Output the data once more, exactly as given.

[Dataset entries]
- Opening Delimiter -

//! What a registry keeps, in memory.

ghost use Rattle.std.specs.Prelude.{◌≡◌, ◌<◌, length, vec_capacity, OnOk};
ghost use Rattle.registry_file.specs.Kept.{after, begun, file_in, journal_at, kept_in, least_in, raised_at};
ghost use Rattle.registry_text.specs.RecordText.{shown_fleet};
ghost use Rattle.registry_file.specs.Room.{HasRoom};

use entry::NoMemory;
use registry_text::{Fleet, Record};
use std::alloc::Global;

/// A file of a journal, as a registry names it.
#[derive(Clone, Copy)]
pub struct JournalFile {
    /// The id of the file, or `LOST`.
    pub id: u64,
    /// How many frames of the file count, from the first one on, or `ALL_FRAMES`.
    pub count: u64,
}

/// The file of one backup's journal.
#[derive(Clone, Copy)]
pub struct BackupJournal {
    pub backup: u64,
    pub file: JournalFile,
}

/// The least head that a recovery of one master may use.
#[derive(Clone, Copy)]
pub struct LeastHead {
    pub master: u64,
    pub head: u64,
}

/// What a registry keeps: the store's id and options, and what the records say. A look-up goes through all backups or
/// masters that were named.
#[derive(Drop)]
pub struct Registry {
    pub(crate) fleet: Fleet,
    pub(crate) journals: Vec<BackupJournal>,
    pub(crate) leasts: Vec<LeastHead>,
    pub(crate) master: Option<u64>,
    pub(crate) format: Option<u64>,
}

impl Registry {
    /// A registry without records. It takes no memory.
    pub fn new(alloc: Global, fleet: Fleet) -> Self
        ensures { kept_in result ≡ begun (shown_fleet fleet) }
    {
        Registry {
            fleet,
            journals: Vec::new(alloc),
            leasts: Vec::new(alloc),
            master: None,
            format: None,
        }
    }

    /// The store.
    pub fn fleet(&self) -> &Fleet
        ensures { shown_fleet result.now ≡ (kept_in self.now).fleet }
    {
        &self.fleet
    }

    /// The file of a backup's journal. The answer is `None` if no record named one.
    pub fn journal(&self, backup: u64) -> Option<JournalFile>
        ensures { result ≡ (kept_in self.now).journal backup }
    {
        file_in(&self.journals, backup)
    }

    /// The least head that a recovery of this master may use: the greatest that a record named, or 0.
    pub fn least(&self, master: u64) -> u64
        ensures { result ≡ (kept_in self.now).least master }
    {
        least_in(&self.leasts, master)
    }

    /// The journals that were named, in the order in which their backups came.
    pub fn journals(&self) -> &[BackupJournal]
        ensures { file_in result.now ≡ (kept_in self.now).journal }
    {
        &self.journals
    }

    /// The least heads that were named, in the order in which their masters came.
    pub fn leasts(&self) -> &[LeastHead]
        ensures { least_in result.now ≡ (kept_in self.now).least }
    {
        &self.leasts
    }

    /// The master that a recovery is for. The answer is `None` if no record named one.
    pub fn master(&self) -> Option<u64>
        ensures { result ≡ (kept_in self.now).master }
    {
        self.master
    }

    /// The format of the store's log. The answer is `None` if no record named one.
    pub fn format(&self) -> Option<u64>
        ensures { result ≡ (kept_in self.now).format }
    {
        self.format
    }

    /// Has memory for one more record.
    pub(crate) fn reserve(&mut self) -> Result<(), NoMemory>
        ensures room { OnOk result (HasRoom self.new) }
        ensures same { kept_in self.new ≡ kept_in self.old }
    {
        self.journals.reserve(1)?;
        self.leasts.reserve(1)
    }

    /// Keeps what a record says. It takes no memory.
    pub(crate) fn note(&mut self, record: &Record)
        requires { HasRoom self.old }
        ensures { kept_in self.new ≡ after (kept_in self.old) record.now }
    {
        match *record {
            Record::Journal { backup, id, count } => put_journal(
                &mut self.journals,
                BackupJournal {
                    backup,
                    file: JournalFile { id, count },
                },
            ),
            Record::Raise { master, head } => raise(&mut self.leasts, LeastHead { master, head }),
            Record::Master(number) => self.master = Some(number),
            Record::Format(number) => self.format = Some(number),
        }
    }
}

/// The file of a backup's journal: the last one that is listed for it.
fn file_in(journals: &[BackupJournal], backup: u64) -> Option<JournalFile>
    ensures { result ≡ file_in journals.now backup }
{
    let mut i = journals.len();
    while i > 0 {
        i -= 1;
        if journals[i].backup == backup {
            return Some(journals[i].file);
        }
    }
    None
}

/// The least head of a master: the greatest that is listed for it.
fn least_in(leasts: &[LeastHead], master: u64) -> u64
    ensures { result ≡ least_in leasts.now master }
{
    let mut least = 0;
    for i in 0..leasts.len() {
        if leasts[i].master == master && leasts[i].head > least {
            least = leasts[i].head;
        }
    }
    least
}

/// Lists another file for a backup.
fn put_journal(journals: &mut Vec<BackupJournal>, journal: BackupJournal)
    requires { length journals.old.items < vec_capacity journals.old }
    ensures { file_in journals.new.items ≡ journal_at (file_in journals.old.items) journal.backup journal.file }
{
    let mut i = journals.len();
    while i > 0 {
        i -= 1;
        if journals[i].backup == journal.backup {
            journals[i] = journal;
            return;
        }
    }
    journals.push_reserved(journal);
}

/// Lists a least head for a master. What is listed never falls.
fn raise(leasts: &mut Vec<LeastHead>, least: LeastHead)
    requires { length leasts.old.items < vec_capacity leasts.old }
    ensures { least_in leasts.new.items ≡ raised_at (least_in leasts.old.items) least.master least.head }
{
    for i in 0..leasts.len() {
        let listed = leasts[i];
        if listed.master == least.master {
            if listed.head < least.head {
                leasts[i] = least;
            }
            return;
        }
    }
    leasts.push_reserved(least);
}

- Closing Delimiter -

Solution below:
//! What a registry keeps, in memory.

ghost use Rattle.std.specs.Prelude.{◌≡◌, ◌<◌, length, vec_capacity, OnOk};
ghost use Rattle.registry_file.specs.Kept.{after, begun, file_in, journal_at, kept_in, least_in, raised_at};
ghost use Rattle.registry_text.specs.RecordText.{shown_fleet};
ghost use Rattle.registry_file.specs.Room.{HasRoom};

use entry::NoMemory;
use registry_text::{Fleet, Record};
use std::alloc::Global;

/// A file of a journal, as a registry names it.
#[derive(Clone, Copy)]
pub struct JournalFile {
    /// The id of the file, or `LOST`.
    pub id: u64,
    /// How many frames of the file count, from the first one on, or `ALL_FRAMES`.
    pub count: u64,
}

/// The file of one backup's journal.
#[derive(Clone, Copy)]
pub struct BackupJournal {
    pub backup: u64,
    pub file: JournalFile,
}

/// The least head that a recovery of one master may use.
#[derive(Clone, Copy)]
pub struct LeastHead {
    pub master: u64,
    pub head: u64,
}

/// What a registry keeps: the store's id and options, and what the records say. A look-up goes through all backups or
/// masters that were named.
#[derive(Drop)]
pub struct Registry {
    pub(crate) fleet: Fleet,
    pub(crate) journals: Vec<BackupJournal>,
    pub(crate) leasts: Vec<LeastHead>,
    pub(crate) master: Option<u64>,
    pub(crate) format: Option<u64>,
}

impl Registry {
    /// A registry without records. It takes no memory.
    pub fn new(alloc: Global, fleet: Fleet) -> Self
        ensures { kept_in result ≡ begun (shown_fleet fleet) }
    {
        Registry {
            fleet,
            journals: Vec::new(alloc),
            leasts: Vec::new(alloc),
            master: None,
            format: None,
        }
    }

    /// The store.
    pub fn fleet(&self) -> &Fleet
        ensures { shown_fleet result.now ≡ (kept_in self.now).fleet }
    {
        &self.fleet
    }

    /// The file of a backup's journal. The answer is `None` if no record named one.
    pub fn journal(&self, backup: u64) -> Option<JournalFile>
        ensures { result ≡ (kept_in self.now).journal backup }
    {
        file_in(&self.journals, backup)
    }

    /// The least head that a recovery of this master may use: the greatest that a record named, or 0.
    pub fn least(&self, master: u64) -> u64
        ensures { result ≡ (kept_in self.now).least master }
    {
        least_in(&self.leasts, master)
    }

    /// The journals that were named, in the order in which their backups came.
    pub fn journals(&self) -> &[BackupJournal]
        ensures { file_in result.now ≡ (kept_in self.now).journal }
    {
        &self.journals
    }

    /// The least heads that were named, in the order in which their masters came.
    pub fn leasts(&self) -> &[LeastHead]
        ensures { least_in result.now ≡ (kept_in self.now).least }
    {
        &self.leasts
    }

    /// The master that a recovery is for. The answer is `None` if no record named one.
    pub fn master(&self) -> Option<u64>
        ensures { result ≡ (kept_in self.now).master }
    {
        self.master
    }

    /// The format of the store's log. The answer is `None` if no record named one.
    pub fn format(&self) -> Option<u64>
        ensures { result ≡ (kept_in self.now).format }
    {
        self.format
    }

    /// Has memory for one more record.
    pub(crate) fn reserve(&mut self) -> Result<(), NoMemory>
        ensures room { OnOk result (HasRoom self.new) }
        ensures same { kept_in self.new ≡ kept_in self.old }
    {
        self.journals.reserve(1)?;
        self.leasts.reserve(1)
    }

    /// Keeps what a record says. It takes no memory.
    pub(crate) fn note(&mut self, record: &Record)
        requires { HasRoom self.old }
        ensures { kept_in self.new ≡ after (kept_in self.old) record.now }
    {
        match *record {
            Record::Journal { backup, id, count } => put_journal(
                &mut self.journals,
                BackupJournal {
                    backup,
                    file: JournalFile { id, count },
                },
            ),
            Record::Raise { master, head } => raise(&mut self.leasts, LeastHead { master, head }),
            Record::Master(number) => self.master = Some(number),
            Record::Format(number) => self.format = Some(number),
        }
    }
}

/// The file of a backup's journal: the last one that is listed for it.
fn file_in(journals: &[BackupJournal], backup: u64) -> Option<JournalFile>
    ensures { result ≡ file_in journals.now backup }
{
    let mut i = journals.len();
    while i > 0 {
        i -= 1;
        if journals[i].backup == backup {
            return Some(journals[i].file);
        }
    }
    None
}

/// The least head of a master: the greatest that is listed for it.
fn least_in(leasts: &[LeastHead], master: u64) -> u64
    ensures { result ≡ least_in leasts.now master }
{
    let mut least = 0;
    for i in 0..leasts.len() {
        if leasts[i].master == master && leasts[i].head > least {
            least = leasts[i].head;
        }
    }
    least
}

/// Lists another file for a backup.
fn put_journal(journals: &mut Vec<BackupJournal>, journal: BackupJournal)
    requires { length journals.old.items < vec_capacity journals.old }
    ensures { file_in journals.new.items ≡ journal_at (file_in journals.old.items) journal.backup journal.file }
{
    let mut i = journals.len();
    while i > 0 {
        i -= 1;
        if journals[i].backup == journal.backup {
            journals[i] = journal;
            return;
        }
    }
    journals.push_reserved(journal);
}

/// Lists a least head for a master. What is listed never falls.
fn raise(leasts: &mut Vec<LeastHead>, least: LeastHead)
    requires { length leasts.old.items < vec_capacity leasts.old }
    ensures { least_in leasts.new.items ≡ raised_at (least_in leasts.old.items) least.master least.head }
{
    for i in 0..leasts.len() {
        let listed = leasts[i];
        if listed.master == least.master {
            if listed.head < least.head {
                leasts[i] = least;
            }
            return;
        }
    }
    leasts.push_reserved(least);
}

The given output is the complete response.